# [Exercise instructions]
Only the lines from the one that contains "pub fn blank() -> State" through the last line of the records should appear, each printed exactly as it is.

# [Data provided]
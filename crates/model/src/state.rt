// The state: `SolverState` of state.rs, record by record, and the clock.
ghost use Rattle.std.specs.Prelude.{◌≡◌};
ghost use Rattle.model.specs.Blank.{blank_state};

use clock::Clock;

// Head in feet, demands in cubic feet per second.
#[derive(Clone, Copy)]
pub struct NodeState {
    pub head: f64,
    pub demand: f64,
    pub demand_flow: f64,
}

// `status` is 0 to 9, in `LinkStatus` order.
#[derive(Clone, Copy)]
pub struct LinkState {
    pub flow: f64,
    pub status: u32,
    pub setting: f64,
}

#[derive(Clone, Copy)]
pub struct State {
    pub nodes: [NodeState; 256],
    pub links: [LinkState; 384],
    pub clock: Clock,
}

impl State {
    // A state with nothing in it, its clock at 0.
    #[tactic(auto, using(crate::proofs::Nan::zero_over_zero), unfolding(crate::specs::Blank::blank_state))]
    pub fn blank() -> State
        ensures { result ≡ blank_state }
    {
        let node = NodeState {
            head: 0.0 / 0.0,
            demand: 0.0 / 0.0,
            demand_flow: 0.0 / 0.0,
        };
        let link = LinkState {
            flow: 0.0 / 0.0,
            status: 0,
            setting: 0.0 / 0.0,
        };
        let clock = Clock {
            instant: 0,
            count: 0,
        };
        State {
            nodes: [node; 256],
            links: [link; 384],
            clock,
        }
    }
}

# [Expected output]
    pub fn blank() -> State
        ensures { result ≡ blank_state }
    {
        let node = NodeState {
            head: 0.0 / 0.0,
            demand: 0.0 / 0.0,
            demand_flow: 0.0 / 0.0,
        };
        let link = LinkState {
            flow: 0.0 / 0.0,
            status: 0,
            setting: 0.0 / 0.0,
        };
        let clock = Clock {
            instant: 0,
            count: 0,
        };
        State {
            nodes: [node; 256],
            links: [link; 384],
            clock,
        }
    }
}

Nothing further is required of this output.